INFORMATION:
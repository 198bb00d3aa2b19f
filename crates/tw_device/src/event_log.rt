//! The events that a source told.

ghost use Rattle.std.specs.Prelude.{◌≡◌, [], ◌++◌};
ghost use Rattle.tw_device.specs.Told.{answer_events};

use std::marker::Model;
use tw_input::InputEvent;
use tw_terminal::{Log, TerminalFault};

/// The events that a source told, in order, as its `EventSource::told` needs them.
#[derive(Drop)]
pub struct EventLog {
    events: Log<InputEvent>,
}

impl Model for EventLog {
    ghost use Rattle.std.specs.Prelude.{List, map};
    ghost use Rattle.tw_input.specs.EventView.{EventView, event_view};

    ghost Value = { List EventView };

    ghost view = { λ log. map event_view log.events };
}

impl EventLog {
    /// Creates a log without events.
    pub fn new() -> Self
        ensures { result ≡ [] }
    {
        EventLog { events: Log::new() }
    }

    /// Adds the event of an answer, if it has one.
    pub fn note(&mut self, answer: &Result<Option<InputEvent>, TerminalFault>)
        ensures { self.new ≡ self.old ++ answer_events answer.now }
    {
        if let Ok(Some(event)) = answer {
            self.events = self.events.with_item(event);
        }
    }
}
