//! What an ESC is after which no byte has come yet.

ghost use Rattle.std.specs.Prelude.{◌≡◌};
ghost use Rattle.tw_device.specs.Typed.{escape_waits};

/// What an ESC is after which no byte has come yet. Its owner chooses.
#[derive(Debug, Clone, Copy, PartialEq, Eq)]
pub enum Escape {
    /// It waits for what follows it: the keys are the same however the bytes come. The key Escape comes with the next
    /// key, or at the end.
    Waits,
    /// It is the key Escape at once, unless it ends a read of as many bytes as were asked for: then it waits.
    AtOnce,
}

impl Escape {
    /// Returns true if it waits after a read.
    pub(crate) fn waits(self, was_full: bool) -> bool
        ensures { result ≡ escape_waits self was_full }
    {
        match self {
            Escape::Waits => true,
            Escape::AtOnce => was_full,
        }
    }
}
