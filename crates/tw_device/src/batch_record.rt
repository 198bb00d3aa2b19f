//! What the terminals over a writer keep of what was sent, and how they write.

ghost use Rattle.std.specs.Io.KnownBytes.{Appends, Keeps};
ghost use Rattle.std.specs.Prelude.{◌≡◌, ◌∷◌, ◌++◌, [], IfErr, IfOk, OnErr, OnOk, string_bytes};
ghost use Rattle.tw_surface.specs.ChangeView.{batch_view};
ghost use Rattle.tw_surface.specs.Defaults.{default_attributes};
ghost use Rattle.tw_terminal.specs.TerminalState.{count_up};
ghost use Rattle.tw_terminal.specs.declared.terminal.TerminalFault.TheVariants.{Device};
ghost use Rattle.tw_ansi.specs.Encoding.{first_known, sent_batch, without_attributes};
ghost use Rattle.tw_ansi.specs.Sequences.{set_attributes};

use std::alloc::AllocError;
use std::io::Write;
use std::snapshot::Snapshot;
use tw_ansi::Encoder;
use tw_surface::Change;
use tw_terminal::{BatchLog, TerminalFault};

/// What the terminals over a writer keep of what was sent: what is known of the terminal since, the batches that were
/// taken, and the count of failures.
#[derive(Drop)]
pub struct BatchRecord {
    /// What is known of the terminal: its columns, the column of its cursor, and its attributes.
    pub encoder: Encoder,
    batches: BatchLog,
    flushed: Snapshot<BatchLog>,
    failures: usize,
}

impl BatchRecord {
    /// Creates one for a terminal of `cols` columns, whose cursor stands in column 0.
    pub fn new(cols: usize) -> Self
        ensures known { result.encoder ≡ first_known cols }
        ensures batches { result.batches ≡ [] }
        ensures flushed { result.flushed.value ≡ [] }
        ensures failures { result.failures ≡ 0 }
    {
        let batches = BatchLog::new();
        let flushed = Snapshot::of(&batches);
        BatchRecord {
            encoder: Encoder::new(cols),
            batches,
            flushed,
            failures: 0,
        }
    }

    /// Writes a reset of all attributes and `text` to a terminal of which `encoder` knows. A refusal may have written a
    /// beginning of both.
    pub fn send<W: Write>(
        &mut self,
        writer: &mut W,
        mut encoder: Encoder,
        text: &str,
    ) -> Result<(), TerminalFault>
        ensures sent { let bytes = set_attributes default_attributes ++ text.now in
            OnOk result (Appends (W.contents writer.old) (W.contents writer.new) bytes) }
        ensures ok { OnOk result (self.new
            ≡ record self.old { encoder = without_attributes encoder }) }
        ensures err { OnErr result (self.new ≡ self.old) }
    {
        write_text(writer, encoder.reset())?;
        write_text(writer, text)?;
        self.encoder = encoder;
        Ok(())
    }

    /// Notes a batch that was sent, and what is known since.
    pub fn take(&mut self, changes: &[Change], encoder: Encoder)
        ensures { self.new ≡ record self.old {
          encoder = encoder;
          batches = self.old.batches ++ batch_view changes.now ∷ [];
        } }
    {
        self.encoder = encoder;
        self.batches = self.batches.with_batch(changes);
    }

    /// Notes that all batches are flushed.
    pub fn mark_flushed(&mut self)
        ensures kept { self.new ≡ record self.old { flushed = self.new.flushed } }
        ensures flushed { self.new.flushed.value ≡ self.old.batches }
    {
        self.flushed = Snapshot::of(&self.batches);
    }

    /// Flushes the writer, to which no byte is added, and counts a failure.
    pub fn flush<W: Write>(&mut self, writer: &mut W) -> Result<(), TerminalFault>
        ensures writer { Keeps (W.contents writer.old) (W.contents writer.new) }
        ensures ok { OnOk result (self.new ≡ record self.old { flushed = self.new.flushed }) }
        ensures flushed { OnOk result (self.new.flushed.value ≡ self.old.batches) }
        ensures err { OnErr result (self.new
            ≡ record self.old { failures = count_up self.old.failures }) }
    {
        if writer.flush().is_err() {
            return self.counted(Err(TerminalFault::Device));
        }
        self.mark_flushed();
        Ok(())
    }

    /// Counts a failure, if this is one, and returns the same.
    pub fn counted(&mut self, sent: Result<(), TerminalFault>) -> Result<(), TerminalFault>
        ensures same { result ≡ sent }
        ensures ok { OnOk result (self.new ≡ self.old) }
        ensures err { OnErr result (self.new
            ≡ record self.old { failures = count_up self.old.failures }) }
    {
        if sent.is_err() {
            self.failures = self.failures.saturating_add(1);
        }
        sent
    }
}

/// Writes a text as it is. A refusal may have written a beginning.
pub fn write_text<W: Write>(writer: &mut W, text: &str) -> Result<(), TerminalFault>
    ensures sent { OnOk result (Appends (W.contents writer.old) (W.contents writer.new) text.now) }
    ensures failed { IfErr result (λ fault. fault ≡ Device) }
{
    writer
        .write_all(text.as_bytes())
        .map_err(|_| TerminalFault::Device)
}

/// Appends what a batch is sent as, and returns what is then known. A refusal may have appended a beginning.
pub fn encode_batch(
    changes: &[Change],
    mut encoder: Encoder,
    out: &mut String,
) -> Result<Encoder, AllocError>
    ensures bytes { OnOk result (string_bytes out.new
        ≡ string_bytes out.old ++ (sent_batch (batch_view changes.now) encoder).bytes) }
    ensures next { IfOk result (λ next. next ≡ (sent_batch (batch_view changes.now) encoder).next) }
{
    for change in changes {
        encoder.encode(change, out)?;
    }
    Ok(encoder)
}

WORK REQUIRED: Please go through the entries and show every line with the word "column".

TASK RESPONSE:
    /// What is known of the terminal: its columns, the column of its cursor, and its attributes.
    /// Creates one for a terminal of `cols` columns, whose cursor stands in column 0.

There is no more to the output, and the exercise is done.